In a world where humans are motivated by their own interests, the best and perhaps the only way an asset owner can ensure the managers they hire will provide a mutually beneficial service is to set monetary incentives for them to do so, he says. But the fee models that investors agree to may not have their interests at heart. “Just as we get the politicians we deserve, perhaps we also get the funds managers we deserve,” Block says. Most fee models in existence, particularly the asset-based kind, prioritise the short-term interests of the individual (the manager) over those of the many (the fund members a fiduciary investor serves). Block finds this objectionable, particularly because he believes that active management is not only expensive, it’s also not that important to portfolio outcomes.

He points to a 1986 study by Brinson, Hood and Beebower, Determinants of Portfolio Performance, which found that 93.6 per cent of portfolio outcome is the result of asset allocation. Block also agrees with Towers Watson when the consultant asserts that, in recent years, investors have been paying alpha fees for beta, since the main driver of returns has been the strength of the markets and, in some cases, added leverage. But in spite of these findings, portfolio construction and investment strategy only receive a comparatively small portion of a fund’s fee budget compared to active management fees. In Block’s professional experience, most funds spend more than 80 per cent of their time and money on active management fees and manager selection. He says a $3 billion superannuation fund will typically pay only $200,000 each year for asset consulting services as it hones its strategic asset allocation, and $10 million each year on active management fees.
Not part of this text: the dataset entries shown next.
//! The arguments of the process, as bytes.

ghost use Rattle.std.specs.Prelude.{◌≡◌, IfOk, map};

use std::alloc::{AllocError, Global};
use std::env::FillError;
use std::rt::Env;

/// How many bytes a word has room for at first.
const FIRST_ROOM: usize = 256;

/// The word of this number, if there is one.
fn word_at(rt: &HostRuntime, number: usize) -> Result<Option<Vec<u8>>, AllocError> {
    let mut room = FIRST_ROOM;
    for _ in 0..usize::BITS {
        let mut word = Vec::from_elem(rt.alloc(), 0, room)?;
        match rt.arg(number, word.as_mut_slice()) {
            Ok(length) => {
                word.truncate(length);
                return Ok(Some(word));
            }
            Err(FillError::NotPresent) => return Ok(None),
            Err(FillError::TooLong) => {}
        }
        room = room.saturating_mul(2);
    }
    Err(AllocError)
}

/// The words of the process, with the program's name first.
pub fn process_words(rt: &HostRuntime) -> Result<Vec<Vec<u8>>, AllocError> {
    let mut words = Vec::new(rt.alloc());
    for number in 0..usize::MAX {
        match word_at(rt, number)? {
            Some(word) => {
                if words.push(word).is_err() {
                    return Err(AllocError);
                }
            }
            None => return Ok(words),
        }
    }
    Err(AllocError)
}

/// The words, borrowed.
pub fn borrowed_words<'a>(alloc: Global, words: &'a [Vec<u8>]) -> Result<Vec<&'a [u8]>, AllocError>
    ensures { IfOk result
        (λ borrowed. map (λ word. word.now) borrowed.items
        ≡ map (λ word. word.items) words.entry.now) }
{
    let mut borrowed = Vec::new(alloc);
    for word in words {
        if borrowed.push(word.as_slice()).is_err() {
            return Err(AllocError);
        }
    }
    Ok(borrowed)
}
“This is very interesting, given that active management is at best likely to make a contribution of less than a tenth of overall portfolio outcomes.” The evolution of active management fee structures has not, so far, produced a mutually aligned model (see table below). Block prefers the latest permutation, in which managers are paid a cost-recovery fee until the expiry of a three-to-seven year “lock-up” period, when a performance fee will be awarded. This performance fee would be paid – or not – after taking into account the managers’ returns against an agreed, long- term benchmark. But this would receive pushback from managers, he allows, because it might not meet their short-term interests. Stuck at this impasse, the alignment debate will continue.